After bringing the infrastructure to the ready state lets deploy and configure the application. From a deployment perspective, our focus should be on managing environment-related properties. Other types of configurations should be managed in the build phase or the containerization phase. Few examples here would be notification email setting, timeout settings, DB url, etc. All these should come from Cloud Vaults, secret managers or configMap. All solutions like HELM Charts are applicable here only. There is not much difference between application and infrastructure configuration process. Its only at what level they are applicable. Hence same set of processes and IAC tool like., Ansible, Puppet, Powershell script, cloud specific configuration managers, Chef etc. works best here. Not picking specific example here.

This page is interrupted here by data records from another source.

//! From a source to its code.

ghost use Rattle.std.specs.Prelude.{◌≡◌, ◌≤◌, length, IfOk, IfErr};
ghost use Rattle.rb_judge.specs.Judged.{IsRefusal};
ghost use Rattle.rb_prepare.specs.Prepared.{IsPrepared};

use rb_base::{MOST_BYTES, Names, Nested, Refusal};
use rb_code::Code;
use rb_gen::generate;
use rb_judge::judge;
use std::alloc::Global;

/// An accepted source as it is executed: its code, with the names that lines and schedules speak of, and its conversations.
pub struct Prepared {
    pub code: Code,
    pub nested: Nested,
}

impl Drop for Prepared {
    fn drop(self) {
        let Prepared { code: _, nested: _ } = self;
    }
}

impl Prepared {
    /// The names alone; the rest is let go.
    pub fn into_names(self) -> Names
        ensures { result ≡ self.code.names }
    {
        let Prepared { code, nested: _ } = self;
        code.into_names()
    }
}

/// Judges a source and makes its code, or tells its first fault, as `judge` does. The code stands for the source's tree and is sound.
/// After a refusal nothing is kept.
pub fn prepare(alloc: Global, source: &[u8]) -> Result<Prepared, Refusal>
    requires { length source.now ≤ MOST_BYTES }
    ensures prepared { IfOk result (λ prepared. IsPrepared source.now prepared) }
    ensures refused { IfErr result (IsRefusal source.now) }
{
    let judged = judge(alloc, source)?;
    match generate(alloc, &judged.checked) {
        Ok(code) => Ok(Prepared {
            code,
            nested: judged.nested,
        }),
        Err(_) => Err(Refusal::Memory),
    }
}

For more clarity lets go through some practical scenarios :

  1. We have to deploy some Java application on a cloud VM. The VM must have the organization-approved OS image. Then, the VM should have a few utilities and a certificate installed.
    • Here you can have provisioner IaC code to create VM with image and then use configurer file to deploy the certificate file. To link between VM name created by provisioner to configurator we can use a host file/infra file.
  2. You have to provision a kubernetes cluster and create namespace. HELM is provided to you. You need to configure the PODs, gateway and then deploy the HELM chart. Few secrets needs to be pushed to the cloud vault.
    • Again create cluster, namespace and configure initializer script using provisioners and for remaining tasks use puppet/ansible.
  3. You need to create a dataproc, databricks, or spark cluster. Pre define some dependencies. Then deploy your Spark jobs.
    • You can use scripts to integrate with the Cloud Service REST Apis after provisioning the cluster.
  4. Database or Sqlwarehouse deployments with DDL scripts and user permission settings.
    • We can see clear demarcation. Treat DDL scripts as code and deploy it separately. Only DB config should be managed using terraform etc.

Concluding Remarks

Its fair to say that with the gradual shift from very much curated hardware to easily replaceable infrastructure and different level of application packages (jar, zip, to serverless modules), we need a combination of deployment tools to work in tandem. Its not going to be a single tool but a combination of them aligning to each step involved in the deployment(infra deployment, app deployment, environment configuration etc.) and its very low dividend to dwell deep into comparison among tools addressing each deployment step. You will be fine with whatever is mandated by your organization in each category.